EXERCISE DATA —
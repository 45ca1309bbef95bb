//! What the machine records: printed bytes, notes, counts and the verdict.
#![tactic(auto)]

mod journal;
mod notes;

pub use journal::Journal;
pub use notes::Notes;
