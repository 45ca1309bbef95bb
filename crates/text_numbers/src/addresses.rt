// Addresses as text.

ghost use Rattle.std.specs.Prelude.{◌≡◌};
ghost use Rattle.std.specs.List.{list_all};
ghost use Rattle.std.specs.Char.{is_ascii_hexdigit};
ghost use Rattle.sv_types.specs.Addresses as spec;

/// The most hexadecimal digits that an address has.
const ADDRESS_DIGITS: usize = 16;

fn has_hexadecimal_digits_alone(text: &[u8]) -> bool
    ensures { result ≡ list_all is_ascii_hexdigit text.now }
{
    text.iter().all(|c| c.is_ascii_hexdigit())
}

fn is_hexadecimal(text: &[u8]) -> bool
    ensures { result ≡ spec.is_hexadecimal text.now }
{
    1 <= text.len() && text.len() <= ADDRESS_DIGITS && has_hexadecimal_digits_alone(text)
}

fn hexadecimal_number(digits: &str) -> Option<u64>
    ensures { result ≡ spec.hexadecimal_number digits.now }
{
    if !is_hexadecimal(digits.as_bytes()) {
        return None;
    }
    u64::from_str_radix(digits, 16).ok()
}

/// The address that a text writes by `0x` and 1 to 16 hexadecimal digits of either case. None where the text is another
/// one.
#[tactic(auto, unfolding(sv_types::specs::Addresses::address_of))]
pub fn address_of(text: &str) -> Option<u64>
    ensures { result ≡ spec.address_of text.now }
{
    match text.strip_prefix("0x") {
        Some(digits) => hexadecimal_number(digits),
        None => None,
    }
}

/// The same for a text's bytes. None where they are no text.
#[tactic(auto, using(crate::proofs::AddressBytes::no_address))]
pub fn address_of_bytes(bytes: &[u8]) -> Option<u64>
    ensures { result ≡ spec.address_of bytes.now }
{
    match str::from_utf8(bytes) {
        Ok(text) => address_of(text),
        Err(_) => None,
    }
}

PROBLEM — Lines with "that" in the records above: copy every one of them.

REPLY TO THE EXERCISE —
/// The most hexadecimal digits that an address has.
/// The address that a text writes by `0x` and 1 to 16 hexadecimal digits of either case. None where the text is another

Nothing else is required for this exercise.